Soy demócrata, soy un cabrón

  1. #31   EL TEXTO ORIGINAL:

    Santiago Alba Rico - Escritor y filósofo

    Declaración de principios de un intelectual español.

    No condeno al rey Fahd, honrado por el rey de España, que tala cabezas, poda
    manos y arranca ojos, que humilla a las mujeres y amordaza a los opositores,
    que se enseñorea sin periódicos, parlamento ni partidos políticos, que viola
    filipinas y tortura indios y egipcios, que gasta la tercera parte del
    presupuesto de Arabia Saudí en los 15.000 miembros de su familia y financia
    los movimientos más reaccionarios y violentos del planeta.

    No condeno al general Dustum, aliado de los EEUU en Afganistán, que ha
    ahogado en un contenedor a mil prisioneros talibán a los que había prometido
    la libertad y que murieron chupando las paredes de hierro de su prisión.

    No condeno a Turquía, miembro de la OTAN y candidato a la UE, que en la
    década de los noventa borró de la faz de la tierra 3.200 aldeas kurdas, ha
    dejado morir de hambre a 87 presos políticos y encarcela al que se atreve a
    transcribir en kurdo el nombre de sus ciudades.

    No condeno al siniestro Kissinger, el más ambicioso asesino después de
    Hitler, responsable de millones de muertos en Indo- china, en Timor, en
    Chile y en todos aquellos países cuyo nombre salió alguna vez de sus labios.

    No condeno a Sharon, hombre de paz, que dinamita casas, deporta civiles,
    arranca olivos, roba agua, tirotea a niños, pulveriza mujeres, tortura
    rehenes, quema archivos, vuela ambulancias, arrasa campos de refugiados y
    coquetea con la idea de «amputar el cáncer» de tres millones de palestinos
    para hacer más holgada la pureza de su estado «judío».

    No condeno al rey Gienendra de Nepal, educado en los EEUU, que desde el
    pasado mes de enero ha ejecutado sin juicio a 1.500 comunistas.

    No condeno a Jordania ni a Egipto, que apalea y encarcela a los que se
    manifiestan contra la ocupación israelí de Palestina.

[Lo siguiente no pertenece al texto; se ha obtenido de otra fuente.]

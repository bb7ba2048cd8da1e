//! The components, their pages, and the merges that run.
ghost use Rattle.std.specs.Prelude.{◌≡◌, ◌↔◌, ◌<◌, ◌+◌, ◌∷◌, [], ℕ, Bool, List, Some, None, IsTrue, is_some};
ghost use Rattle.blsm_model.specs.Components.{empty_component};
ghost use Rattle.blsm_model.specs.Sizes.{Sizes};
ghost use Rattle.page_space.specs.Space.{SpaceState};
ghost use Rattle.page_file.specs.Component.{RunPage, ReadsAs};
ghost use Rattle.tree_file.specs.Tree.{Tree, HoldsTree};
ghost use Rattle.catalog_swap.specs.declared.catalog.Progress.{Progress};
ghost use Rattle.deep_merge.specs.Merge.{taken_up};
ghost use Rattle.tree_runs.specs.Ahead.{IsAhead, IsAheadOn, IsAheadOver, MayResume};
ghost use Rattle.tree_runs.specs.Runs.{opened_from, due_deep, due_from, due_guides, guides_from, first_tags, guide_at, pass_begun, AreGuides, AreRead, AreRuns, AreRunning, DeepRuns, GuideState, left_for_pass, left_for_deep};
ghost use Rattle.tree_runs.specs.Holding.{AreElsewhere, AreGuided, AreOf, AreTagged, IsDeepOver, KeepsOtherGuides, cursor_of_pass};

use crate::guides::{Guide, GuideRoom, begin_deep, begin_snow};
use crate::resumable::{Cursors, Resumable};
use blsm_model::{Geometry, Key};
use catalog_swap::Catalog;
use deep_merge::Deep;
use mem_table::Table;
use page_space::{Role, Space};
use refusal::NoMemory;
use snow_merge::Snow;
use std::alloc::Global;
use std::marker::Model;

// The merges that run. With the pages that they hold these are some 25 KB.
#[derive(Debug, Drop)]
pub(crate) struct Merges {
    pub(crate) pass: Option<Snow>,
    pub(crate) deep: Option<Deep>,
}

/// Memory for the two merges. The value that moves from turn to turn holds none of their pages.
#[derive(Debug, Drop)]
pub struct MergeRoom {
    merges: Box<Merges>,
}

impl MergeRoom {
    /// Takes the memory, or tells that it was refused.
    ///
    /// It stays a call, so that the merges aren't added to the frame of who reserves them.
    #[inline(never)]
    pub fn reserve(alloc: Global) -> Result<MergeRoom, NoMemory> {
        Ok(MergeRoom {
            merges: Box::new(
                alloc,
                Merges {
                    pass: None,
                    deep: None,
                },
            )?,
        })
    }
}

/// The components of a tree as its catalogue has them, which pages of the file they have, the merges that run, and the filters and fences of them
/// all. Contracts see the merges' runs and cursors. What the pages hold the clauses say of the file of an honest disk (`AreOf`).
#[derive(Debug, Drop)]
pub struct Runs {
    pub(crate) geometry: Geometry,
    pub(crate) catalogue: Catalog,
    pub(crate) space: Space,
    pub(crate) c1: Role,
    pub(crate) c1x: Role,
    pub(crate) c2: Role,
    pub(crate) pass: Role,
    pub(crate) deep: Role,
    pub(crate) merges: Box<Merges>,
    // For each tag, those of the pages that have it.
    pub(crate) guides: Vec<Guide>,
    // How many quanta went well since the opening.
    pub(crate) quanta: u64,
}

impl Model for Runs {
    ghost use Rattle.tree_runs.specs.Runs.{RunsState};

    ghost Value = { RunsState };

    ghost view = { λ r. record {
      sizes = r.geometry;
      catalogue = r.catalogue;
      space = r.space;
      tags = record { c1 = r.c1; c1x = r.c1x; c2 = r.c2; pass = r.pass; deep = r.deep };
      pass = r.merges.value.pass;
      deep = r.merges.value.deep;
      guides = r.guides.items;
      quanta = r.quanta;
    } };
}

impl Runs {
    /// The components of a tree that was read from its file, whose map gives the pages of C1, C1' and C2 the tags 0, 1 and 2, and those of a deep
    /// merge that is taken up the tag 4; under these tags are their filters and fences. Where C1' has pages, as a crash may leave them, its deep
    /// merge begins, or is taken up behind what was finished of it. It calls no device.
    pub fn open(
        geometry: &Geometry,
        catalogue: Catalog,
        space: Space,
        room: MergeRoom,
        guides: GuideRoom,
        ahead: Option<Resumable>,
    ) -> Runs
        requires read { AreRead geometry.now catalogue space }
        requires guides { AreGuides geometry.now first_tags guides }
        requires ahead { IsAhead first_tags.deep catalogue.progress (catalogue.c1x.weight + catalogue.c2.weight) ahead }
        ensures opened { result ≡ opened_from geometry.now catalogue space guides ahead }
        ensures running { (honest : Bool) (file : List ℕ) → IsAheadOn geometry.now honest file space first_tags.deep (guide_at guides first_tags.deep) ahead
            → AreRunning honest file result }
        ensures lists { (tree : Tree) (file : List ℕ) → HoldsTree geometry.now tree file → tree.catalogue ≡ catalogue
            → AreTagged space first_tags.c1 tree.c1 → AreTagged space first_tags.c1x tree.c1x → AreTagged space first_tags.c2 tree.c2
            → AreGuided guides first_tags tree
            → IsAheadOver geometry.now file space first_tags.deep (guide_at guides first_tags.deep) tree.c1x tree.c2 ahead → AreOf result tree file }
    {
        let deep = Role::new(4);
        let mut guides = guides.guides;
        let mut merges = room.merges;
        let here = &mut *merges;
        here.pass = None;
        go_on(
            &mut here.deep,
            geometry,
            &catalogue,
            deep,
            &mut guides,
            ahead,
        );
        Runs {
            geometry: *geometry,
            catalogue,
            space,
            c1: Role::new(0),
            c1x: Role::new(1),
            c2: Role::new(2),
            pass: Role::new(3),
            deep,
            merges,
            guides,
            quanta: 0,
        }
    }

    /// A pass over C1 begins, beside a memory table that weighs so many bytes: its run's filter gets as many bits as both weigh with one half
    /// more, and never more than there is room for. It calls no device.
    pub fn begin_pass(&mut self, memory: u64)
        requires rests { self.old.pass ≡ None }
        requires runs { AreRuns self.old }
        ensures begun { self.new ≡ pass_begun memory self.old }
        ensures running { (honest : Bool) (file : List ℕ) → AreRunning honest file self.old → AreRunning honest file self.new }
        ensures lists { (tree : Tree) (file : List ℕ) → AreOf self.old tree file → AreOf self.new tree file }
    {
        let merges = &mut *self.merges;
        merges.pass = Some(begin_snow(
            &self.geometry,
            &self.catalogue.c1,
            memory,
            self.pass,
            &mut self.guides,
        ));
    }

    /// Whether a pass runs.
    pub fn in_pass(&self) -> bool
        ensures { result ≡ is_some self.now.pass }
    {
        self.merges.pass.is_some()
    }

    /// Whether a deep merge runs.
    pub fn in_deep(&self) -> bool
        ensures { result ≡ is_some self.now.deep }
    {
        self.merges.deep.is_some()
    }

    /// Whether a pass runs and has taken all of table A, as it is now, and of C1.
    pub fn is_pass_done(&self, a: &Table) -> bool
        ensures { IsTrue result ↔ (IsTrue (is_some self.now.pass) × (left_for_pass self.now.pass a.now.entries ≡ 0)) }
    {
        match &self.merges.pass {
            Some(snow) => snow.is_done(a),
            None => false,
        }
    }

    /// Whether a deep merge runs and has taken all of C1' and of C2.
    pub fn is_deep_done(&self) -> bool
        ensures { IsTrue result ↔ (IsTrue (is_some self.now.deep) × (left_for_deep self.now.deep ≡ 0)) }
    {
        match &self.merges.deep {
            Some(deep) => deep.is_done(),
            None => false,
        }
    }

    /// The greatest key that the pass took; `None` where it took none, or none runs.
    pub fn cursor(&self) -> Option<Key>
        ensures { result ≡ cursor_of_pass self.now.pass }
    {
        match &self.merges.pass {
            Some(snow) => snow.cursor(),
            None => None,
        }
    }

    /// The geometry of the store.
    pub fn geometry(&self) -> Geometry
        ensures { result ≡ self.now.sizes }
    {
        self.geometry
    }

    /// The catalogue as it was last committed.
    pub fn catalogue(&self) -> &Catalog
        ensures { result.now ≡ self.now.catalogue }
    {
        &self.catalogue
    }
}

// Puts the deep merge that a catalogue asks for where it is to lie: the one that is taken up, if there is one, whose run's filter and fences are
// filled.
fn go_on(
    slot: &mut Option<Deep>,
    geo: &Geometry,
    catalogue: &Catalog,
    role: Role,
    guides: &mut Vec<Guide>,
    ahead: Option<Resumable>,
)
    requires guides { AreGuides geo.now first_tags guides.old.items }
    requires role { role ≡ first_tags.deep }
    requires older { catalogue.now.c2.pages ≡ 0 → catalogue.now.c2 ≡ empty_component }
    requires ahead { IsAhead role catalogue.now.progress (catalogue.now.c1x.weight + catalogue.now.c2.weight) ahead }
    ensures begun { slot.new ≡ due_from role catalogue.now ahead }
    ensures guides { guides.new.items ≡ guides_from geo.now catalogue.now ahead guides.old.items }
    ensures reserved { AreGuides geo.now first_tags guides.new.items }
    ensures others { KeepsOtherGuides role guides.old.items guides.new.items }
    ensures running { (sizes : Sizes) (honest : Bool) (file : List ℕ) (space : SpaceState)
        → IsAheadOn sizes honest file space role (guide_at guides.old.items role) ahead
        → DeepRuns sizes honest file space (guide_at guides.new.items role) slot.new }
    ensures merge { (sizes : Sizes) (file : List ℕ) (space : SpaceState) (c1x c2 : List RunPage)
        → ReadsAs sizes catalogue.now.c1x c1x file → AreElsewhere space role c1x → ReadsAs sizes catalogue.now.c2 c2 file → AreElsewhere space role c2
        → IsAheadOver sizes file space role (guide_at guides.old.items role) c1x c2 ahead
        → IsDeepOver sizes file space (guide_at guides.new.items role) slot.new c1x c2 }
{
    match ahead {
        Some(ahead) => take_up(slot, role, ahead),
        None => begin_due(slot, geo, catalogue, role, guides),
    }
}

// Puts the deep merge that is taken up where it is to lie. It stays a call, so that the merge and its cursors aren't added to the frame of an
// opening.
#[inline(never)]
fn take_up(slot: &mut Option<Deep>, role: Role, ahead: Resumable)
    requires { (progress : Progress) × (both : ℕ) × MayResume role progress both ahead }
    ensures taken { slot.new ≡ Some (taken_up role ahead.done ahead.inputs.value.c1x ahead.inputs.value.c2) }
    ensures running { (sizes : Sizes) (honest : Bool) (file : List ℕ) (space : SpaceState) (guide : GuideState)
        → IsAheadOn sizes honest file space role guide (Some ahead) → DeepRuns sizes honest file space guide slot.new }
    ensures merge { (sizes : Sizes) (file : List ℕ) (space : SpaceState) (guide : GuideState) (c1x c2 : List RunPage)
        → IsAheadOver sizes file space role guide c1x c2 (Some ahead) → IsDeepOver sizes file space guide slot.new c1x c2 }
{
    let Resumable { done, inputs } = ahead;
    let Cursors { c1x, c2 } = Box::into_inner(inputs);
    *slot = Some(Deep::resume(c1x, c2, role, &done));
}

// Puts the deep merge that a catalogue asks for where it is to lie, since it takes some 14 KB: one that has taken nothing, where C1' has pages. Its
// run's filter and fences are empty then.
fn begin_due(
    slot: &mut Option<Deep>,
    geo: &Geometry,
    catalogue: &Catalog,
    role: Role,
    guides: &mut Vec<Guide>,
)
    requires guides { AreGuides geo.now first_tags guides.old.items }
    requires role { role ≡ first_tags.deep }
    requires older { catalogue.now.c2.pages ≡ 0 → catalogue.now.c2 ≡ empty_component }
    ensures begun { slot.new ≡ due_deep role catalogue.now }
    ensures guides { guides.new.items ≡ due_guides geo.now catalogue.now guides.old.items }
    ensures reserved { AreGuides geo.now first_tags guides.new.items }
    ensures others { KeepsOtherGuides role guides.old.items guides.new.items }
    ensures running { (sizes : Sizes) (honest : Bool) (file : List ℕ) (space : SpaceState) → DeepRuns sizes honest file space (guide_at guides.new.items role) slot.new }
    ensures merge { (sizes : Sizes) (file : List ℕ) (space : SpaceState) (c1x c2 : List RunPage)
        → ReadsAs sizes catalogue.now.c1x c1x file → AreElsewhere space role c1x → ReadsAs sizes catalogue.now.c2 c2 file → AreElsewhere space role c2
        → IsDeepOver sizes file space (guide_at guides.new.items role) slot.new c1x c2 }
{
    if catalogue.c1x.pages == 0 {
        *slot = None;
    } else {
        *slot = Some(begin_deep(geo, &catalogue.c1x, &catalogue.c2, role, guides));
    }
}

    No condeno la Patriot Act ni el programa TIPS ni la «desaparición» de
    detenidos por el FBI ni la violación de la Convención de Ginebra en
    Guantánamo ni los tribunales militares ni la «licencia para matar» otorgada
    a la CIA ni el registro policial de todos los turistas que entran en EEUU
    procedentes de un país musulmán.

    No condeno el golpe de Estado en Venezuela ni al Gobierno español que lo
    apoyó ni a los periódicos que, aquí y allí, financiaron, legitimaron y
    aplaudieron la disolución de todas las instituciones y la persecución armada
    de los partisanos de la Constitución.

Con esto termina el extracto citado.